What to work on: In the records that follow, find the line with "length (journal_text trace)"; from there, retype every line exactly through the line with "follows its last", which also belongs to the answer.

[Stored data entries]
***
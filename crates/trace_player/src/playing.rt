//! Applies the events of a trace to a core, each as soon as its line is read, and collects the
//! lines of the replies.
ghost use Rattle.std.specs.Prelude.{◌≡◌, ◌++◌, ◌∷◌, [], IfErr, IfOk, OnOk};
ghost use Rattle.wire_bytes.specs.Outcome.{Fails};
ghost use Rattle.relay_core.specs.Machine.{at_event};
ghost use Rattle.relay_core.specs.Runs.{line_at};
ghost use Rattle.relay_core.specs.Stands.{StandsFor};
ghost use Rattle.relay_core.specs.World.{World};
ghost use Rattle.trace_lines.specs.Events.{event_of};
ghost use Rattle.trace_words.specs.Places.{line_as};
ghost use Rattle.trace_lines.specs.Replies.{line_text};
ghost use Rattle.trace_words.specs.declared.fault.TraceFault.TheVariants as trace_fault;
ghost use Rattle.trace_player.specs.Playing.{PlaysEvent, PlaysEvents};
ghost use Rattle.trace_player.specs.Traces.{events_at};

use relay_core::{RelayCore, step_to_line};
use relay_events::{Event, Line};
use std::alloc::{AllocError, Global};
use text_lines::end_line;
use trace_lines::{next_held_event, write_line};
use trace_words::{HeldLines, TraceFault, Version};

// Appends the line of a reply, with the byte 0A that ends it.
fn add_line(alloc: Global, out: &mut Vec<u8>, number: u64, line: &Line) -> Result<(), AllocError>
    ensures { OnOk result (out.new.items ≡ out.old.items ++ line_text number line.now ++ 10 ∷ []) }
{
    write_line(alloc, out, number, line)?;
    end_line(out)
}

// Applies an event to a meter, and appends the line of the reply.
fn play_event(
    alloc: Global,
    number: u64,
    event: &Event,
    core: &mut RelayCore,
    out: &mut Vec<u8>,
) -> Result<(), AllocError>
    ensures world { OnOk result ((w : World) → StandsFor core.old w
        → StandsFor core.new (at_event event.now w).world) }
    ensures line { OnOk result ((w : World) → StandsFor core.old w
        → out.new.items ≡ out.old.items ++ line_text number (line_at event.now w) ++ 10 ∷ []) }
{
    let line = step_to_line(alloc, core, event)?;
    add_line(alloc, out, number, &line)
}

// Reads the event of the next line, applies it to a meter, and appends the line of the reply.
fn play_next(
    alloc: Global,
    version: Version,
    number: u64,
    lines: &mut HeldLines,
    core: &mut RelayCore,
    out: &mut Vec<u8>,
) -> Result<(), TraceFault>
    ensures ok { OnOk result
        (PlaysEvent version number lines.old lines.new core.old core.new out.old.items
        out.new.items) }
    ensures err { IfErr result
        (λ fault. Fails trace_fault.Memory fault (line_as (event_of version) lines.old)) }
{
    let event = next_held_event(alloc, version, lines)?;
    let played = play_event(alloc, number, &event, core, out);
    drop(event);
    Ok(played?)
}

// Reads the next `count` events, applies each to a meter as soon as it is read, and returns the
// lines of the replies, the first with number 1. An event is dropped before the next is read.
pub(crate) fn play_events(
    alloc: Global,
    version: Version,
    count: u64,
    lines: &mut HeldLines,
    core: &mut RelayCore,
) -> Result<Vec<u8>, TraceFault>
    ensures ok { IfOk result
        (λ out. PlaysEvents version count lines.old lines.new core.old out.items) }
    ensures err { IfErr result
        (λ fault. Fails trace_fault.Memory fault (events_at version count lines.old)) }
{
    let mut out = Vec::new(alloc);
    'events: for i in 0..count {
        play_next(alloc, version, i + 1, lines, core, &mut out)?;
    }
    Ok(out)
}
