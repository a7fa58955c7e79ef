//! Laws of traces and their texts. Each function is a law: its contract states it, and a call makes
//! it known to the prover.
ghost use Rattle.std.specs.Prelude.{◌≡◌, ◌≤◌, ◌++◌, ◌∷◌, ℕ, false, List, Ok, length};
ghost use Rattle.relay_core.specs.Opening.{world_of_opening};
ghost use Rattle.relay_events.specs.declared.event.Event.{Event};
ghost use Rattle.relay_recorder.specs.Recording.{Recording};
ghost use Rattle.relay_recorder.specs.Replaying.{Replays};
ghost use Rattle.relay_recorder.specs.declared.trace.Trace.{Trace};
ghost use Rattle.trace_openings.specs.OpeningForms.{Forms, AreFormsOf, written_forms};
ghost use Rattle.trace_openings.specs.OpeningTraced.{IsWritable};
ghost use Rattle.trace_words.specs.WholeLines.{IsTail, has_end, whole_text};
ghost use Rattle.trace_player.specs.Exported.{PrintsTheEnd};
ghost use Rattle.trace_player.specs.Journals.{IsJournal, events_text, journal_text, with_events};
ghost use Rattle.trace_player.specs.Traces.{max_bytes, trace_of, trace_text};
ghost use Rattle.trace_player.specs.Versions.{IsCounted, IsOfVersionTwo, text_with};
ghost use Rattle.trace_player.specs.Written.{AreTraced, IsWritableTrace};

use trace_openings::written_opening_is_read;

/// Proves that a trace that a core can start from, with numbers in the ranges of their types, is
/// read back from the text that is written for it.
pub fn written_trace_is_read()
    ensures { (trace : Trace) → IsWritableTrace trace → trace_of (trace_text trace) ≡ Ok trace }
{
    written_opening_is_read();
}

/// Proves that a journal is read back: as the trace that it was begun with, and after it has grown
/// as that trace with all further events, whatever torn tail follows the last whole line.
pub fn written_journal_is_read()
    ensures whole { (trace : Trace) → IsWritable trace.opening → AreTraced trace.events
        → length (journal_text trace) ≤ max_bytes → trace_of (journal_text trace) ≡ Ok trace }
    ensures grown { (trace : Trace) (more : List Event) (tail : List ℕ)
        → IsWritable trace.opening → AreTraced trace.events → AreTraced more → IsTail tail
        → length (journal_text trace ++ events_text more ++ tail) ≤ max_bytes
        → trace_of (journal_text trace ++ events_text more ++ tail)
        ≡ Ok (with_events trace more) }
{
    written_opening_is_read();
}

/// Proves that a journal that is read is read as the same trace once all that follows its last
/// whole line before its first byte 0 is cut, as recovery does.
#[tactic(auto, using(crate::proofs::Recovered::recovered_again))]
pub fn recovered_journal_is_read()
    ensures { (text : List ℕ) (trace : Trace) → IsJournal text → trace_of text ≡ Ok trace
        → trace_of (whole_text text) ≡ Ok trace }
{}

/// Proves that a journal that is read, and has no torn tail, is read with the events whose lines
/// are appended to it, whatever torn tail follows them.
#[tactic(auto, using(crate::proofs::Appended::appended_again))]
pub fn appended_journal_is_read()
    ensures { (text : List ℕ) (trace : Trace) (more : List Event) (tail : List ℕ)
        → IsJournal text → trace_of text ≡ Ok trace → whole_text text ≡ text → AreTraced more
        → IsTail tail → length (text ++ events_text more ++ tail) ≤ max_bytes
        → trace_of (text ++ events_text more ++ tail) ≡ Ok (with_events trace more) }
{}

/// Proves that a journal that is written, and the lines of events that are appended to it, are
/// whole lines without a byte 0: recovery keeps all of them.
pub fn written_journal_is_whole()
    ensures journal { (trace : Trace) → IsWritable trace.opening → AreTraced trace.events
        → whole_text (journal_text trace) ≡ journal_text trace }
    ensures events { (events : List Event) → AreTraced events
        → whole_text (events_text events) ≡ events_text events }
{
    written_opening_is_read();
}

/// Proves which bytes are a torn tail: bytes without a byte 0A, and bytes whose first byte 0 comes
/// before any byte 0A, whatever follows it.
#[tactic(auto, using(trace_words::proofs::TailLemmas::tails))]
pub fn torn_tails_have_no_line()
    ensures unended { (tail : List ℕ) → has_end tail ≡ false → IsTail tail }
    ensures zero { (front rest : List ℕ) → has_end front ≡ false → IsTail (front ++ 0 ∷ rest) }
{}

/// Proves that the text of version 2 that a trace is read from is the text that is written for it
/// if it states the number of events, except that the script table and the entries of the schedules
/// may be other values of type Data that are read as the same table or entries. With the values
/// that the writer uses for them, both texts are equal.
#[tactic(auto, using(crate::proofs::TraceBack::trace_back, crate::proofs::TraceBack::written_text))]
pub fn read_trace_is_written()
    ensures text { (text : List ℕ) (trace : Trace) → IsOfVersionTwo text → IsCounted text
        → trace_of text ≡ Ok trace
        → (forms : Forms) × AreFormsOf trace.opening forms × (text ≡ text_with trace forms) }
    ensures written { (trace : Trace)
        → text_with trace (written_forms trace.opening) ≡ trace_text trace }
{}

/// Proves that the trace that a recorder exports prints, when played, the lines of the kept events
/// in every history that the recorder represents. So a trace that was exported, written and played
/// shows the replies that were given.
pub fn exported_run_is_played()
    ensures { (r : Recording) (trace : Trace) → trace.events ≡ r.events
        → Replays r (world_of_opening trace.opening) → PrintsTheEnd r trace }
{}
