//! Processing of the bytes from the meter, frame by frame.
ghost use Rattle.std.specs.Prelude.{◌≡◌, ◌++◌, IfOk};
ghost use Rattle.client_core.specs.Steps.{progress_after_frame, Hears};

use crate::job::Verb;
use crate::progress::Progress;
use crate::replying::{or_unknown, progress_after};
use std::alloc::{AllocError, Global};
use wrapper_frame::{Deframer, Frame, WrapperFault};

// The port of the meter's management logical device and of the management client.
const PORT: u16 = 1;

/// Processes more bytes from the meter, and returns the progress after them: all whole frames are
/// removed and processed.
pub fn hear_more(
    alloc: Global,
    verb: Verb,
    progress: Progress,
    deframer: &mut Deframer,
    bytes: &[u8],
) -> Result<Progress, AllocError>
    ensures { IfOk result
        (λ new. Hears verb progress (deframer.old ++ bytes.now) new deframer.new) }
{
    match deframer.feed(bytes) {
        Ok(()) => receive(alloc, verb, progress, deframer),
        Err(WrapperFault::Memory) => Err(AllocError),
        Err(WrapperFault::Version) => Ok(or_unknown(progress)),
        Err(WrapperFault::TooLong) => Ok(or_unknown(progress)),
    }
}

// Removes and processes all whole frames, and returns the progress after them.
fn receive(
    alloc: Global,
    verb: Verb,
    progress: Progress,
    deframer: &mut Deframer,
) -> Result<Progress, AllocError>
    ensures { IfOk result (λ new. Hears verb progress deframer.old new deframer.new) }
{
    let mut progress = progress;
    'frames: loop {
        match deframer.take(alloc) {
            Ok(Some(frame)) => {
                progress = progress_after_frame(alloc, verb, progress, &frame);
            }
            Ok(None) => return Ok(progress),
            Err(WrapperFault::Memory) => return Err(AllocError),
            Err(WrapperFault::Version) => return Ok(or_unknown(progress)),
            Err(WrapperFault::TooLong) => return Ok(or_unknown(progress)),
        }
    }
}

// Returns the progress after one more frame. Frames of other ports are skipped.
fn progress_after_frame(alloc: Global, verb: Verb, progress: Progress, frame: &Frame) -> Progress
    ensures { result ≡ progress_after_frame verb progress frame.now }
{
    if frame.src == PORT && frame.dst == PORT {
        progress_after(alloc, verb, progress, frame.payload.as_slice())
    } else {
        progress
    }
}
***
Written response:
        → length (journal_text trace) ≤ max_bytes → trace_of (journal_text trace) ≡ Ok trace }
    ensures grown { (trace : Trace) (more : List Event) (tail : List ℕ)
        → IsWritable trace.opening → AreTraced trace.events → AreTraced more → IsTail tail
        → length (journal_text trace ++ events_text more ++ tail) ≤ max_bytes
        → trace_of (journal_text trace ++ events_text more ++ tail)
        ≡ Ok (with_events trace more) }
{
    written_opening_is_read();
}

/// Proves that a journal that is read is read as the same trace once all that follows its last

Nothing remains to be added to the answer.